Galit Nimrod, a research fellow at the Center for Multidisciplinary Research in Aging at Ben-Gurion University of the Negev in Israel, says an extended postretirement trip can assuage a sense of loss from ending a career. Travel can “act as a neutral, transitional zone between voluntary or imposed endings and new beginnings” and “serve as a healthy coping mechanism,” Dr. Nimrod said by email.

Gary D. Norton, 69, acknowledges that he felt “afraid of retirement” when he left his job of 34 years as a science professor at a South Dakota community college.

In 2002, he and his wife, Avis M. Norton, 67, a retired farmer, sold their house, bought an R.V. and started volunteering full time for two nonprofits: Nomads on a Mission Active in Divine Service, orNomads, and RV Care-A-Vanners, an initiative of Habitat for Humanity.

The couple typically rebuilds houses damaged by natural disasters, projects that usually last several weeks. Mr. Norton, who now specializes in drywall finishing, and his wife, who studied carpentry, say they cherish the chance to give back to society while seeing the country. “Now what we’re doing is so satisfying and fulfilling, even though we have some health issues, we say we don’t want to quit,” said Mr. Norton, who estimated that he and his wife had repaired damaged homes in 28 states.

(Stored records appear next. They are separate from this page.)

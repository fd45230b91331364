// Rows of the stack and branches.
ghost use Rattle.std.specs.Prelude.{◌≡◌, ◌<◌, ◌≤◌, []};
ghost use Rattle.svm_model.specs.Instructions.Operands.{state};
ghost use Rattle.svm_model.specs.Instructions.Apply.{answer_of, state_after};
ghost use Rattle.svm_model.specs.Instructions.Branches.{with_rsp, pushed, popped, stack_place, operand_or, pushes, pops, leaves, branched, target_of, jumps, jumps_where, calls, returns};

use crate::conditions::condition_holds;
use register_file::{
    RBP, RSP, is_memory, operand_value, read_flags, whole_register, write_operand_at,
    write_register, write_rip,
};
use svm_model::{Applied, Operand, Registers, Row, Width};
use vm_names::{GENERAL_PROTECTION, is_canonical};

fn write_rsp(registers: &mut Registers, value: u64)
    ensures { registers.new ≡ (with_rsp value (state registers.old [])).registers }
{
    write_register(registers, Width::W64, RSP, false, value);
}

/// Pushes a quadword, by the access of this number.
fn push(place: usize, value: u64, registers: &mut Registers, results: &mut [u64; 8])
    requires { place < 8 }
    ensures registers { registers.new ≡ (pushed place value (state registers.old results.old)).registers }
    ensures results { results.new ≡ (pushed place value (state registers.old results.old)).results }
{
    write_rsp(registers, whole_register(registers, RSP).wrapping_sub(8));
    results[place] = value;
}

/// Takes a quadword and so many bytes from the stack.
fn pop(bytes: u64, registers: &mut Registers)
    ensures { registers.new ≡ (popped bytes (state registers.old [])).registers }
{
    let above = whole_register(registers, RSP).wrapping_add(8);
    write_rsp(registers, above.wrapping_add(bytes));
}

/// The number of the access that pushes: it follows the read of a memory operand.
fn stack_place(operand: Operand) -> usize
    ensures place { result ≡ stack_place operand }
    ensures bound { result ≤ 1 }
{
    usize::from(is_memory(operand))
}

/// An operand of 64 bits, or what stands in place of one that the form does not have.
fn operand_or(other: u64, operand: Operand, registers: &Registers, values: &[u64; 8]) -> u64
    ensures { result ≡ operand_or other operand registers.now values.now }
{
    match operand {
        Operand::None => other,
        Operand::Register { .. } | Operand::Memory { .. } => {
            operand_value(Width::W64, operand, registers, values)
        }
    }
}

/// PUSH.
#[tactic(auto, unfolding(svm_model::specs::Instructions::Branches::pushes))]
pub fn apply_push(
    row: &Row,
    registers: &mut Registers,
    next_rip: u64,
    values: &[u64; 8],
    results: &mut [u64; 8],
)
    ensures { state registers.new results.new ≡ pushes row.now next_rip values.now (state registers.old results.old) }
{
    let value = operand_or(row.immediate, row.operand, registers, values);
    push(stack_place(row.operand), value, registers, results);
    write_rip(registers, next_rip);
}

/// POP.
#[tactic(auto, unfolding(svm_model::specs::Instructions::Branches::pops))]
pub fn apply_pop(
    row: &Row,
    registers: &mut Registers,
    next_rip: u64,
    values: &[u64; 8],
    results: &mut [u64; 8],
)
    ensures { state registers.new results.new ≡ pops row.now next_rip values.now (state registers.old results.old) }
{
    pop(0, registers);
    write_operand_at(1, Width::W64, row.operand, values[0], registers, results);
    write_rip(registers, next_rip);
}

/// LEAVE.
#[tactic(auto, unfolding(svm_model::specs::Instructions::Branches::leaves))]
pub fn apply_leave(
    registers: &mut Registers,
    next_rip: u64,
    values: &[u64; 8],
    results: &mut [u64; 8],
)
    ensures { state registers.new results.new ≡ leaves next_rip values.now (state registers.old results.old) }
{
    write_rsp(registers, whole_register(registers, RBP));
    pop(0, registers);
    write_register(registers, Width::W64, RBP, false, values[0]);
    write_rip(registers, next_rip);
}

/// Branches, where the address is canonical.
fn branch(target: u64, registers: &mut Registers) -> Applied
    ensures answer { result ≡ answer_of (branched target (state registers.old [])) }
    ensures registers { registers.new ≡ (state_after (state registers.old []) (branched target (state registers.old []))).registers }
{
    if !is_canonical(target) {
        return Applied::Fault(GENERAL_PROTECTION);
    }
    write_rip(registers, target);
    Applied::Done
}

/// Where CALL and JMP lead.
fn target_of(row: &Row, next_rip: u64, registers: &Registers, values: &[u64; 8]) -> u64
    ensures { result ≡ target_of row.now next_rip registers.now values.now }
{
    let behind = next_rip.wrapping_add(row.immediate);
    operand_or(behind, row.operand, registers, values)
}

/// JMP.
#[tactic(auto, unfolding(svm_model::specs::Instructions::Branches::jumps))]
pub fn apply_jump(
    row: &Row,
    registers: &mut Registers,
    next_rip: u64,
    values: &[u64; 8],
    results: &mut [u64; 8],
) -> Applied
    ensures answer { result ≡ answer_of (jumps row.now next_rip values.now (state registers.old results.old)) }
    ensures state { state registers.new results.new ≡ state_after (state registers.old results.old) (jumps row.now next_rip values.now (state registers.old results.old)) }
{
    let target = target_of(row, next_rip, registers, values);
    branch(target, registers)
}

/// Jcc.
#[tactic(auto, unfolding(svm_model::specs::Instructions::Branches::jumps_where))]
pub fn apply_conditional_jump(
    row: &Row,
    registers: &mut Registers,
    next_rip: u64,
    results: &mut [u64; 8],
) -> Applied
    ensures answer { result ≡ answer_of (jumps_where row.now next_rip (state registers.old results.old)) }
    ensures state { state registers.new results.new ≡ state_after (state registers.old results.old) (jumps_where row.now next_rip (state registers.old results.old)) }
{
    if condition_holds(row.condition, read_flags(registers)) {
        return branch(next_rip.wrapping_add(row.immediate), registers);
    }
    write_rip(registers, next_rip);
    Applied::Done
}

/// CALL.
#[tactic(auto, unfolding(svm_model::specs::Instructions::Branches::calls))]
pub fn apply_call(
    row: &Row,
    registers: &mut Registers,
    next_rip: u64,
    values: &[u64; 8],
    results: &mut [u64; 8],
) -> Applied
    ensures answer { result ≡ answer_of (calls row.now next_rip values.now (state registers.old results.old)) }
    ensures state { state registers.new results.new ≡ state_after (state registers.old results.old) (calls row.now next_rip values.now (state registers.old results.old)) }
{
    let target = target_of(row, next_rip, registers, values);
    if !is_canonical(target) {
        return Applied::Fault(GENERAL_PROTECTION);
    }
    push(stack_place(row.operand), next_rip, registers, results);
    write_rip(registers, target);
    Applied::Done
}

/// RET.
#[tactic(auto, unfolding(svm_model::specs::Instructions::Branches::returns))]
pub fn apply_return(
    row: &Row,
    registers: &mut Registers,
    values: &[u64; 8],
    results: &mut [u64; 8],
) -> Applied
    ensures answer { result ≡ answer_of (returns row.now values.now (state registers.old results.old)) }
    ensures state { state registers.new results.new ≡ state_after (state registers.old results.old) (returns row.now values.now (state registers.old results.old)) }
{
    if !is_canonical(values[0]) {
        return Applied::Fault(GENERAL_PROTECTION);
    }
    pop(row.immediate, registers);
    write_rip(registers, values[0]);
    Applied::Done
}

The chance to volunteer on international conservation projects and the opportunity to live like a local inspired Danila Mansfield, 58, and her husband, Chris Gill, 64, to sell their house in San Jose, Calif., last year. They got rid of nearly everything they owned — the exceptions being two suitcases, clothing and a pair of guitars (Mr. Gill’s prized Gibson ES-335 electric guitar is stowed at a friend’s house, but he totes around a travel guitar) — and do not even rent a storage space.

The purge of possessions was “a little nerve-racking” at first, but ultimately “hugely liberating,” said Ms. Mansfield, who is currently in South Africa. She and her husband plan to volunteer on game reserves to protect endangered species and then study great white sharks.

So far, their travels have surpassed expectations. They drove from San Jose to Florida over five months, before cruising to Europe. High points included meeting a judge at a bar in Amarillo, Tex., who invited them to visit his drug court, catching crawfish with locals in Louisiana’s bayou country and making new friends in Austin, Tex., who invited the couple to stay with them in South Africa.

But Ms. Mansfield has also hit bumps in the road. In Galveston, Tex., and New Orleans, an acute respiratory illness required three visits to urgent care centers. “It was really dragging me down,” she recalled. At one point she cried for home, but then managed to brighten her mood. “I kept telling myself, ‘This is home,’ ” Ms. Mansfield said. “Where I am is home.”